A First Date With Python

I started playing Endless Sky recently. It has a lot to recommend it; if you like 4X games, it's worth checking out. One of its features is a fairly rich array of ships and components that you can mix and match to suit your taste. I wanted to experiment with different configurations, and I couldn't find an outfitting tool. So, I set about building my own. One of the game's other nice features is that it is completely free and open source. This is super helpful, because I can just use the actual data files rather than having to spend a ton of time exploring and reverse engineering the stats on everything.

Why Python

The files are organized in a lightweight heirarchical tree structure, where parent-child relationships are described by indentation levels. Here's a snippet of one of those trees to illustrate what I mean.

ship "Combat Drone"
	sprite "ship/combat drone"
	licenses
		Navy
	attributes
		category "Drone"
		"cost" 83000
		weapon
			"blast radius" 5
			"shield damage" 50
			"hull damage" 25
			"hit force" 75
	outfits
		"Beam Laser"
		"X1700 Ion Thruster"
		"X1200 Ion Steering"
		
    description "Combat drones are pilotless attack ships used primarily by the Republic Navy."

The way the data is organized, where indentation is structurally meaningful, put me in mind of Python. Python should also make it relatively easy to build this into a portable desktop app that would run on any system that also runs the game. Plus, learning new things is half the fun.

Getting Ready

This is my absolute first outing with Python. While I'm building some basic familiarity with the syntax and the standard library, I want to have some small contained problems to work with. Project Euler is a good place to start for that kind of thing. I've only done some of the beginning problems, but the one which I found most educational was Problem 7. The task is to find the 10,001st prime number. Since these are still small numbers from a mathematics point of view, I didn't have to do anything exotic; a Sieve of Eratosthenese worked just great. You may not know it by that name, but the technique is the same one as you use to find prime numbers by hand. You have a sequence of numbers you're going to test, and a list of known prime numbers. For each of the numbers you want to test, you try dividing it by all of the prime numbers in your list. If any of them divide evenly, then your test number is not prime and you can move on to the next one. If none of them divide evenly, then you have found a new prime; add it to the list. There are some simple optimizations you can make, but the basic algorithm performs very well as long as the numbers you're testing are small enough to fit in your system's maximum integer size (8 bytes on most systems, or a bit more than 9 quintillion, or 18 quintillion if you can use an unsigned type).

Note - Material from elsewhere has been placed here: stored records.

//! The traits of every node and of every inner node.
ghost use Rattle.std.specs.Prelude.{◌≡◌, ◌<◌, ◌≤◌, ◌^◌, length};
ghost use Rattle.art_nodes.specs.ChildMap.{child_at};
ghost use Rattle.art_header.specs.Header.{capped, empty_header};
ghost use Rattle.art_nodes.specs.Inner.{HasRoomFor, empty_inner, IsInner, node_with_child, node_without_child, node_with_prefix_of};

use crate::inner_nodes::builder::{InnerNodeBuilder, NoChild};
use crate::inner_nodes::traits::inner_node_read::InnerNodeRead;
use crate::pointers::OpaqueNodePtr;
use crate::sealed::{InnerNodeInit, Sealed};
use art_header::{Header, NodeType};

/// A node whose kind is known at compile time.
///
/// (from crates/art_node_tests/src/nodes/node_callers.rt)
/// ```rust
/// fn points_to<const PREFIX_LEN: usize, N: Node<PREFIX_LEN>>(
///     key: usize,
/// ) -> OpaqueNodePtr<N::Key, N::Value, PREFIX_LEN>
///     ensures { result ≡ opaque_pointer N.TYPE key }
/// {
///     NodePtr::<PREFIX_LEN, N>::from_key(key).to_opaque()
/// }
/// ```
pub trait Node<const PREFIX_LEN: usize>: Sealed {
    /// The kind of the node.
    const TYPE: NodeType;

    ghost use Rattle.art_header.specs.declared.node_type.NodeType.{NodeType};

    /// The same kind, for contracts.
    ghost TYPE: { NodeType };

    /// The key type of the leaves below.
    type Key;

    /// The value type of the leaves below.
    type Value;
}

/// The calls of every inner node, whichever way it keeps its children: those of [`InnerNodeRead`],
/// and those that write.
///
/// Contracts see a node as the length of its prefix, the stored prefix, and a finite map from bytes
/// to children. No call takes memory. A look-up, a write and a removal cost O(`SIZE`) in a sorted
/// node and O(1) in the others; `min`, `max` and a step of an iterator read at most 256 places.
///
/// (from crates/art_node_tests/src/nodes/node_callers.rt)
/// ```rust
/// fn write_then_look_up<K, V, const PREFIX_LEN: usize, N: InnerNodeCommon<K, V, PREFIX_LEN>>(
///     // ..
/// ) -> Option<OpaqueNodePtr<K, V, PREFIX_LEN>>
///     requires { HasRoomFor N.room (N.inner node.old) byte }
///     ensures { result ≡ Some child }
/// {
///     node.write_child(byte, child);
///     node.lookup_child(byte)
/// }
/// ```
pub trait InnerNodeCommon<K, V, const PREFIX_LEN: usize>: InnerNodeRead<K, V, PREFIX_LEN>
    + InnerNodeInit<PREFIX_LEN> {
    ghost use Rattle.art_header.specs.Header.{Header};

    /// The greatest number of children that the node can hold.
    fn capacity(&self) -> usize
        ensures { result ≡ Self.room };

    /// Replaces the prefix by that of `header`: its length and its stored prefix. The children and
    /// their number are unchanged.
    fn set_prefix(&mut self, header: &Header<PREFIX_LEN>)
        ensures { Self.inner self.new ≡ node_with_prefix_of (Self.inner self.old) header.now };

    /// Writes the child under the byte, and replaces any that is there. Condition: under a new
    /// byte, the node has spare capacity, that is fewer children than
    /// [`InnerNodeCommon::capacity`].
    fn write_child(&mut self, key_fragment: u8, child_pointer: OpaqueNodePtr<K, V, PREFIX_LEN>)
        requires { HasRoomFor Self.room (Self.inner self.old) key_fragment }
        ensures written { Self.inner self.new ≡
            node_with_child (Self.inner self.old) key_fragment child_pointer };

    /// Removes the child under the byte and returns it. Without a child there it returns `None` and
    /// changes nothing. The node may be left with one child or none.
    fn remove_child(&mut self, key_fragment: u8) -> Option<OpaqueNodePtr<K, V, PREFIX_LEN>>
        ensures child { result ≡ child_at (Self.inner self.old).children key_fragment }
        ensures removed { Self.inner self.new ≡ node_without_child (Self.inner self.old) key_fragment }
        ensures sound { IsInner PREFIX_LEN Self.room (Self.inner self.old) };

    /// A builder of a node with this prefix. Conditions: those of [`Header::new`].
    final fn builder(
        prefix: &[u8],
        prefix_len: usize,
    ) -> InnerNodeBuilder<K, V, PREFIX_LEN, Self, NoChild>
        requires has_stored_bytes { capped PREFIX_LEN prefix_len ≤ length prefix.now }
        requires no_longer { length prefix.now ≤ prefix_len }
        requires fits { prefix_len < 2 ^ 32 }
        ensures { Self.inner result ≡ empty_inner (empty_header PREFIX_LEN prefix.now prefix_len) }
    {
        InnerNodeBuilder::new(prefix, prefix_len)
    }

    /// A new node has no children.
    ghost starts_empty: { (h : Header) → Self.inner (Self.empty_with h) ≡ empty_inner h };
}
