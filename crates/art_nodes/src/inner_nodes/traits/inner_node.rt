//! Inner nodes that grow and shrink to the next kind.
ghost use Rattle.std.specs.Prelude.{◌≡◌, ◌≢◌, ℕ, ◌<◌, ◌≤◌, ◌↔◌, IsTrue, length};
ghost use Rattle.art_header.specs.NodeType.{most_children, grown_kind, shrunk_kind};
ghost use Rattle.art_header.specs.declared.node_type.NodeType.TheVariants.{Leaf};
ghost use Rattle.art_nodes.specs.Inner.{HasRoomFor};

use crate::inner_nodes::representations::inner_node_direct::InnerNodeDirect;
use crate::inner_nodes::representations::inner_node_indirect::InnerNode48;
use crate::inner_nodes::representations::inner_node_sorted::{InnerNode4, InnerNode16};
use crate::inner_nodes::traits::inner_node_read::InnerNodeRead;
use crate::inner_nodes::traits::node::{InnerNodeCommon, Node};

/// An inner node of one of the four kinds, and the kinds next to it.
///
/// (from crates/art_node_tests/src/nodes/node_callers.rt)
/// ```rust
/// fn grow_then_write<const PREFIX_LEN: usize, N: InnerNode<PREFIX_LEN>>(
///     // ..
/// ) -> N::GrownNode
///     ensures { N.GrownNode.inner result ≡ node_with_child (N.inner node.now) byte child }
/// {
///     let mut grown = node.grow();
///     grown.write_child(byte, child);
///     grown
/// }
/// ```
pub trait InnerNode<const PREFIX_LEN: usize>: Node<PREFIX_LEN>
    + InnerNodeCommon<
        <Self as Node<PREFIX_LEN>>::Key,
        <Self as Node<PREFIX_LEN>>::Value,
        PREFIX_LEN,
    > {
    /// The next greater kind, or this one where there is none.
    type GrownNode: Node<PREFIX_LEN, Key = Self::Key, Value = Self::Value>
        + InnerNodeCommon<Self::Key, Self::Value, PREFIX_LEN>;

    /// The next smaller kind, or this one where there is none.
    type ShrunkNode: Node<PREFIX_LEN, Key = Self::Key, Value = Self::Value>
        + InnerNodeCommon<Self::Key, Self::Value, PREFIX_LEN>;

    /// The node as one of the next greater kind, with the same prefix and children. It has spare
    /// capacity for a child under any byte. Of a `Node256`, which has no greater kind, a copy.
    /// Takes no memory, and costs a copy of the node.
    fn grow(&self) -> Self::GrownNode
        ensures same { Self.GrownNode.inner result ≡ Self.inner self.now }
        ensures has_room { (byte : ℕ) → byte < 256 →
            HasRoomFor Self.GrownNode.room (Self.inner self.now) byte };

    /// The node as one of the next smaller kind, with the same prefix and children. Of a `Node4`,
    /// which has no smaller kind, a copy. Takes no memory, and costs a copy of the node. Condition:
    /// the smaller kind holds the children.
    fn shrink(&self) -> Self::ShrunkNode
        requires { length (Self.inner self.now).children ≤ Self.ShrunkNode.room }
        ensures { Self.ShrunkNode.inner result ≡ Self.inner self.now };

    /// Whether the node has as many children as its kind holds.
    final fn is_full(&self) -> bool
        ensures full { let count = length (Self.inner self.now).children in
            IsTrue result ↔ (count ≡ most_children Self.TYPE) }
        ensures has_room { ¬ (IsTrue result) → length (Self.inner self.now).children < Self.room }
    {
        self.num_children() == self.capacity()
    }

    /// The kind is that of an inner node.
    ghost is_inner: { Self.TYPE ≢ Leaf };

    /// A node holds as many children as its kind.
    ghost room_of_kind: { Self.room ≡ most_children Self.TYPE };

    /// A grown node is of the next greater kind.
    ghost grown_type: { Self.GrownNode.TYPE ≡ grown_kind Self.TYPE };

    /// A grown node holds as many children as that kind.
    ghost grown_room: { Self.GrownNode.room ≡ most_children (grown_kind Self.TYPE) };

    /// A shrunk node is of the next smaller kind.
    ghost shrunk_type: { Self.ShrunkNode.TYPE ≡ shrunk_kind Self.TYPE };

    /// A shrunk node holds as many children as that kind.
    ghost shrunk_room: { Self.ShrunkNode.room ≡ most_children (shrunk_kind Self.TYPE) };
}

impl<K, V, const PREFIX_LEN: usize> InnerNode<PREFIX_LEN> for InnerNode4<K, V, PREFIX_LEN> {
    ghost use Rattle.std.specs.Prelude.{refl};

    ghost is_inner = { λ same. Prim.cc };

    ghost room_of_kind = { refl };

    ghost grown_type = { refl };

    ghost grown_room = { refl };

    ghost shrunk_type = { refl };

    ghost shrunk_room = { refl };

    type GrownNode = InnerNode16<K, V, PREFIX_LEN>;

    type ShrunkNode = Self;

    fn grow(&self) -> InnerNode16<K, V, PREFIX_LEN> {
        prove!(self.num_children() <= 4);
        self.change_block_size()
    }

    fn shrink(&self) -> Self {
        self.clone()
    }
}

impl<K, V, const PREFIX_LEN: usize> InnerNode<PREFIX_LEN> for InnerNode16<K, V, PREFIX_LEN> {
    ghost use Rattle.std.specs.Prelude.{refl};

    ghost is_inner = { λ same. Prim.cc };

    ghost room_of_kind = { refl };

    ghost grown_type = { refl };

    ghost grown_room = { refl };

    ghost shrunk_type = { refl };

    ghost shrunk_room = { refl };

    type GrownNode = InnerNode48<K, V, PREFIX_LEN>;

    type ShrunkNode = InnerNode4<K, V, PREFIX_LEN>;

    fn grow(&self) -> InnerNode48<K, V, PREFIX_LEN> {
        prove!(self.num_children() <= 16);
        InnerNode48::from_sorted(self)
    }

    fn shrink(&self) -> InnerNode4<K, V, PREFIX_LEN> {
        self.change_block_size()
    }
}

impl<K, V, const PREFIX_LEN: usize> InnerNode<PREFIX_LEN> for InnerNode48<K, V, PREFIX_LEN> {
    ghost use Rattle.std.specs.Prelude.{refl};

    ghost is_inner = { λ same. Prim.cc };

    ghost room_of_kind = { refl };

    ghost grown_type = { refl };

    ghost grown_room = { refl };

    ghost shrunk_type = { refl };

    ghost shrunk_room = { refl };

    type GrownNode = InnerNodeDirect<K, V, PREFIX_LEN>;

    type ShrunkNode = InnerNode16<K, V, PREFIX_LEN>;

    #[tactic(auto, using(crate::proofs::ChildMapLaws::length_absent))]
    fn grow(&self) -> InnerNodeDirect<K, V, PREFIX_LEN> {
        prove!(self.num_children() <= 48);
        InnerNodeDirect::from(self)
    }

    fn shrink(&self) -> InnerNode16<K, V, PREFIX_LEN> {
        InnerNode16::from_indirect(self)
    }
}

impl<K, V, const PREFIX_LEN: usize> InnerNode<PREFIX_LEN> for InnerNodeDirect<K, V, PREFIX_LEN> {
    ghost use Rattle.std.specs.Prelude.{refl};

    ghost is_inner = { λ same. Prim.cc };

    ghost room_of_kind = { refl };

    ghost grown_type = { refl };

    ghost grown_room = { refl };

    ghost shrunk_type = { refl };

    ghost shrunk_room = { refl };

    type GrownNode = Self;

    type ShrunkNode = InnerNode48<K, V, PREFIX_LEN>;

    #[tactic(auto, using(crate::proofs::ChildMapLaws::length_absent))]
    fn grow(&self) -> Self {
        prove!(self.num_children() <= 256);
        self.clone()
    }

    fn shrink(&self) -> InnerNode48<K, V, PREFIX_LEN> {
        InnerNode48::from_direct(self)
    }
}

The way I would usually implement a Sieve of Eratosthenese is to have one list of numbers, and then starting from the beginning do the trial division on every later number in the list, and remove the ones that fail. That method eliminates any duplicate tests and saves on memory by not storing two lists. This turns out not to work well with Python. Python has some very robust mechanisms for manipulating and iterating on lists, but they also make it intentionally difficult to alter the list mid-iteration. Another thing that Python has is the range() function. It returns a memory efficient iterable object. So instead of iterating over an existing list, we'll instead iterate over a dynamic sequence, and build a list of primes as we go. I didn't try to do an actual comparisson, but my sense is that this method will perform slightly better for smaller numbers and slightly worse for larger ones. It also saves a bit of unnecessary work of you're looking for the Nth prime rather than all primes less than X. You can see my actual solution on github.

The other problem from Project Euler that I thought was very helpful was #8, which is to find the 13 digit sequence which has the largest product from a 1,000 digit number. I think this problem actually starts out as a text manipulation problem. I start by treating the 1,000 digit number as a string, and split the string on zeroes. Because any sequence that contains a 0 will have a product of 0, so they can be discarded. Then I also discard any sequence which is not at least 13 digits long. The last bit of not-really-math was to break up sequences longer than 13 digits. For instance, if I needed 4 digit sequences, 123456 would become [1234, 2345, 3456]. In many of these transformations, Python's slice syntax and list comprehension were extremely helpful. Slice syntax is like typical array syntax on steroids, and allows you to specify ranges and sequences from a list with arbitrary start and end points. List comprehension allows for even more advanced selection from a list, or even constructing one from scratch. So for instance, the code to discard all of the sequences that were too short to consider is sets = [s for s in sets if len(s) >= 4] where sets was already a list. Of course you can do exactly the same thing in other languages, but I'm finding this syntax to be very readable, and I like that I can use the same iteration mechanism as everywhere else.

We Should Do This Again Sometime

The original motivation for this was to build a tool for Endless Sky. I'll have another post about that soon. But I plan to keep working with Python, which is what this post has been about. I like how easy it is to work with lists, and since strings are lists of characters, it's easy to work with text too. I like that Python has real classes and can be properly object oriented. Basically, I like Python enough to keep using it.